Jensen scoffs, but he's got an arm around Adam's shoulders and the other around his waist, and he's resting his cheek on Adam's hair, so he suspects his argument is invalid.
They shift to get more comfortable—as comfortable as two grown men can get on a scrunched-up towel on a lounge chair, even a large, heavy, expensive one—and Adam sighs.
"Hmm?" Jensen enquires.
"If I tell you I like your freckles, will you get like I'd get if you said the same to me?"
"You mean will I think you're crazy?"
Adam huffs amusement, tracing a line between the spots on Jensen's left arm. "That. Yeah."
"Probably."
"Well, it's true anyway." Adam tips his head so he can nip gently at the skin above Jensen's nipple.
"The freckles are always greener?"
"Thank god that's not true." Adam stops his perusal of Jensen's freckles and props his chin on one fist to look at Jensen's face. "But we could do you some green glitter, bring out those eyes of yours…"

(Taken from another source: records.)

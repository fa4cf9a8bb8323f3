// Actions that leave another file: they end with status 0, and print nothing.
use super::cases::{Case, assert_both};
use std::test::Fail;

// An action, the file before and the file after.
type Row = (&'static str, &'static [u8], &'static [u8]);

const SET: &[Row] = &[
    ("set b 2", b"a\t1\n", b"a\t1\nb\t2\n"),
    ("set b 2", b"", b"b\t2\n"),
    ("set b ", b"a\t1\nc\t3\n", b"a\t1\nb\t\nc\t3\n"),
    ("set b 2", b"a\t1\nb\told\nc\t3\n", b"a\t1\nb\t2\nc\t3\n"),
    ("set a 2", b"b\t1\n", b"a\t2\nb\t1\n"),
    ("set aa 3", b"a\t1\nab\t2\n", b"a\t1\naa\t3\nab\t2\n"),
    ("set c 4", b"b\t1\na\t2\nb\t3", b"a\t2\nb\t3\nc\t4\n"),
    // an equal value, and the file is laid out anew
    ("set b 3", b"b\t1\na\t2\nb\t3", b"a\t2\nb\t3\n"),
    ("set b 2", b"a\tx\ty\n", b"a\tx\xff\x89y\nb\t2\n"),
    (
        "set c 3",
        b"\xff\x80\xff\xff\tz\na\xff\x89\t1\nb\tx\na\t0\nb\ty",
        b"\xff\x80\xff\xff\tz\na\t0\na\xff\x89\t1\nb\ty\nc\t3\n",
    ),
    ("set a 3", b"a\t1\na\t2\n", b"a\t3\n"),
    ("set c 4", b"a\t1\nb\t2", b"a\t1\nb\t2\nc\t4\n"),
    (
        "set b\t 2\n",
        b"a\t\x00\r\n",
        b"a\t\xff\x80\xff\x8d\nb\xff\x89\t2\xff\x8a\n",
    ),
    ("set é ü", b"e\t1\n", b"e\t1\n\xc3\xa9\t\xc3\xbc\n"),
];

const DELETED: &[Row] = &[
    ("delete a", b"a\t1\n", b""),
    ("delete a", b"a\t1\nb\t2\n", b"b\t2\n"),
    ("delete b", b"a\t1\nb\t2\nc\t3", b"a\t1\nc\t3\n"),
    ("delete b", b"b\t1\na\t2\nb\t3", b"a\t2\n"),
    ("delete a", b"b\t1\na\t2\nb\t3", b"b\t3\n"),
    ("delete a\t", b"a\t0\na\xff\x89\t1\n", b"a\t0\n"),
    ("delete b", b"b\t1\na\tx\ty\n", b"a\tx\xff\x89y\n"),
];

#[test]
fn changing_leaves_the_new_text(rt: HostRuntime) -> Result<(), Fail> {
    for rows in [SET, DELETED] {
        for (action, before, after) in rows {
            let case = Case {
                make: false,
                action,
                before: Some(before),
                status: 0,
                told: b"",
                warned: "",
                after: Some(after),
            };
            assert_both(&rt, rt.alloc(), &case)?;
        }
    }
    Ok(())
}
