// Words that are no job, empty keys and damaged files: the file stays as it is.
use super::cases::{Case, assert_both, host_of, status_of, words_of};
use std::alloc::Global;
use std::process::Abort;
use std::test::Fail;

// Lines of words, the name of the tool included.
const WRONG: [&str; 34] = [
    "",
    "cyr_dbtool",
    "cyr_dbtool -n",
    "cyr_dbtool f",
    "cyr_dbtool f flat",
    "cyr_dbtool f flat ",
    "cyr_dbtools f flat show",
    "dbtool f flat set b 2",
    " f flat show",
    // no other backend
    "cyr_dbtool f skiplist set b 2",
    "cyr_dbtool f skiplist show",
    "cyr_dbtool -n f skiplist show",
    "cyr_dbtool f Flat show",
    // no other action
    "cyr_dbtool f flat put b 2",
    "cyr_dbtool f flat repacks",
    "cyr_dbtool f flat exercise 10001",
    "cyr_dbtool f twoskip recover",
    "cyr_dbtool f flat SHOW",
    // a word too few or too many
    "cyr_dbtool f flat get",
    "cyr_dbtool f flat get a b",
    "cyr_dbtool f flat set b",
    "cyr_dbtool f flat set b 2 3",
    "cyr_dbtool f flat delete",
    "cyr_dbtool f flat delete a b",
    "cyr_dbtool f flat show a b",
    "cyr_dbtool f flat consistent x",
    "cyr_dbtool f flat repack x",
    "cyr_dbtool f flat exercise",
    // no other flag, and a key that begins with `-` is given after `--`
    "cyr_dbtool f flat get -k",
    "cyr_dbtool f flat set -b 2",
    "cyr_dbtool f flat set b -2",
    "cyr_dbtool - f flat show",
    "cyr_dbtool -q f flat show",
    "cyr_dbtool --help",
];

// The flag stands once, behind the name of the tool.
const MISPLACED: [&str; 4] = [
    "-n cyr_dbtool f flat show",
    "cyr_dbtool -n -n f flat show",
    "cyr_dbtool -n flat set b 2",
    "cyr_dbtool -nn f flat show",
];

// Where the flag and a word that begins with `-` may stand: the words, the status, and the file after, which is absent
// before.
const TAKEN: [(&str, u8, &[u8]); 6] = [
    ("cyr_dbtool f -n flat show", 0, b""),
    ("cyr_dbtool f flat -n set a 1", 0, b"a\t1\n"),
    ("cyr_dbtool f flat set a 1 -n", 0, b"a\t1\n"),
    ("cyr_dbtool -n f flat set -- -k -v", 0, b"-k\t-v\n"),
    ("cyr_dbtool -n -- f flat set - -n", 0, b"-\t-n\n"),
    ("cyr_dbtool -n f flat get -", 1, b""),
];

fn assert_usage(rt: &impl Abort, alloc: Global, words: &[String]) -> Result<(), Fail> {
    let mut host = host_of(alloc, Some(b"a\t1\n"), &[], &[])?;
    assert_eq!(rt; status_of(alloc, words, &mut host)?, 64, "of {words:?}");
    assert_eq!(rt; host.warned(), b"usage\n".as_slice());
    assert_eq!(rt; host.told(), b"".as_slice());
    assert_eq!(rt; host.disk().main(), Some(b"a\t1\n".as_slice()));
    Ok(())
}

#[test]
fn wrong_words_answer_usage(rt: HostRuntime) -> Result<(), Fail> {
    let alloc = rt.alloc();
    assert_usage(&rt, alloc, &[])?;
    for line in WRONG {
        assert_usage(&rt, alloc, &words_of(alloc, line)?)?;
    }
    for line in MISPLACED {
        assert_usage(&rt, alloc, &words_of(alloc, line)?)?;
    }
    Ok(())
}

#[test]
fn flag_and_word_may_stand_so(rt: HostRuntime) -> Result<(), Fail> {
    let alloc = rt.alloc();
    for (line, status, after) in TAKEN {
        let mut host = host_of(alloc, None, &[], &[])?;
        let words = words_of(alloc, line)?;
        assert_eq!(rt; status_of(alloc, &words, &mut host)?, status, "of {line:?}");
        assert_eq!(rt; host.disk().main(), Some(after), "of {line:?}");
    }
    Ok(())
}

// With wrong words an absent file stays absent, also with the flag.
#[test]
fn wrong_words_make_no_file(rt: HostRuntime) -> Result<(), Fail> {
    let alloc = rt.alloc();
    let mut host = host_of(alloc, None, &[], &[])?;
    let words = words_of(alloc, "cyr_dbtool -n f flat get -k")?;
    assert_eq!(rt; status_of(alloc, &words, &mut host)?, 64);
    assert!(rt; host.disk().main().is_none());
    Ok(())
}

const WITHOUT_KEY: [(&str, &[u8]); 6] = [
    ("get ", b"a\t1\n"),
    ("set  2", b"a\t1\n"),
    ("delete ", b"a\t1\n"),
    ("get ", b""),
    ("set  ", b"b\t1\na\t2\nb\t3"),
    ("delete ", b"b\t1\na\t2\nb\t3"),
];

#[test]
fn empty_key_is_wrong(rt: HostRuntime) -> Result<(), Fail> {
    for (action, file) in WITHOUT_KEY {
        let case = Case {
            make: false,
            action,
            before: Some(file),
            status: 65,
            told: b"",
            warned: "line 1: wrong\n",
            after: Some(file),
        };
        assert_both(&rt, rt.alloc(), &case)?;
    }
    Ok(())
}

// A file, and its first flaw with its place.
const FLAWED: [(&[u8], &str); 12] = [
    (b"abc\n", "NoTab at 0"),
    (b"\n", "NoTab at 0"),
    (b"a\t1\nabc", "NoTab at 4"),
    (b"a\t1\n\nb\t2\n", "NoTab at 4"),
    (b"\t1\n", "EmptyKey at 0"),
    (b"a\t1\n\t1\n", "EmptyKey at 4"),
    (b"a\t1\n\t\xff\n", "BadEscape at 5"),
    (b"a\t1\nb\t\xff\n", "BadEscape at 6"),
    (b"a\xff\t1\n", "BadEscape at 1"),
    (b"a\t\xff\xff\xff", "BadEscape at 4"),
    (b"a\t\xff\n\x80\n", "BadEscape at 2"),
    (b"a\t1\nab\xffc\t2\nabc\n", "BadEscape at 6"),
];

// Each action but `consistent` refuses the file, also with an empty key.
const REFUSING: [&str; 9] = [
    "show", "show z", "get a", "set c 4", "delete a", "delete z", "get ", "set  4", "delete ",
];

fn assert_refused(rt: &impl Abort, alloc: Global, file: &[u8], flaw: &str) -> Result<(), Fail> {
    let warned = format!(in alloc; "damaged: {flaw}\n")?;
    for action in REFUSING {
        let case = Case {
            make: false,
            action,
            before: Some(file),
            status: 76,
            told: b"",
            warned: warned.as_str(),
            after: Some(file),
        };
        assert_both(rt, alloc, &case)?;
    }
    Ok(())
}

fn assert_inconsistent(
    rt: &impl Abort,
    alloc: Global,
    file: &[u8],
    flaw: &str,
) -> Result<(), Fail> {
    let told = format!(in alloc; "not consistent: {flaw}\n")?;
    let case = Case {
        make: false,
        action: "consistent",
        before: Some(file),
        status: 1,
        told: told.as_bytes(),
        warned: "",
        after: Some(file),
    };
    assert_both(rt, alloc, &case)
}

#[test]
fn damaged_file_is_told(rt: HostRuntime) -> Result<(), Fail> {
    for (file, flaw) in FLAWED {
        assert_refused(&rt, rt.alloc(), file, flaw)?;
        assert_inconsistent(&rt, rt.alloc(), file, flaw)?;
    }
    Ok(())
}
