// Actions where there is no file.
use super::cases::{Case, assert_case};
use std::test::Fail;

// Without the flag each answers `absent`, an empty key or not, and the file stays absent.
const ABSENT: [&str; 9] = [
    "show",
    "show a",
    "get a",
    "set a 1",
    "delete a",
    "consistent",
    "get ",
    "set  1",
    "delete ",
];

#[test]
fn absent_file_answers_absent(rt: HostRuntime) -> Result<(), Fail> {
    for action in ABSENT {
        let case = Case {
            make: false,
            action,
            before: None,
            status: 66,
            told: b"",
            warned: "absent\n",
            after: None,
        };
        assert_case(&rt, rt.alloc(), &case, &[], &[])?;
    }
    Ok(())
}

// With the flag it is made, empty, and then the action is done: the status, what is told and warned, and the file after.
const MADE: [(&str, u8, &[u8], &str, &[u8]); 12] = [
    ("show", 0, b"", "", b""),
    ("show a", 0, b"", "", b""),
    ("show ", 0, b"", "", b""),
    ("get k", 1, b"", "", b""),
    ("set k v", 0, b"", "", b"k\tv\n"),
    ("set k ", 0, b"", "", b"k\t\n"),
    ("set k\t v\n", 0, b"", "", b"k\xff\x89\tv\xff\x8a\n"),
    ("delete k", 0, b"", "", b""),
    ("consistent", 0, b"consistent\n", "", b""),
    ("get ", 65, b"", "line 1: wrong\n", b""),
    ("set  v", 65, b"", "line 1: wrong\n", b""),
    ("delete ", 65, b"", "line 1: wrong\n", b""),
];

#[test]
fn absent_file_is_made(rt: HostRuntime) -> Result<(), Fail> {
    for (action, status, told, warned, after) in MADE {
        let case = Case {
            make: true,
            action,
            before: None,
            status,
            told,
            warned,
            after: Some(after),
        };
        assert_case(&rt, rt.alloc(), &case, &[], &[])?;
    }
    Ok(())
}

Jensen shoves him, laughing despite himself. "Not on your life. Glitter works for you. I have a nice green Henley that does the same thing and is a lot less fuss."
Adam grins. "Someday you will learn the power of the sparkle." When Jensen just raises an eyebrow Adam stands and holds out a hand. "C'mon. There's a shower in the cabana. I've got an early start tomorrow, but if you're good I'll let you buy me a drink before I kick you out."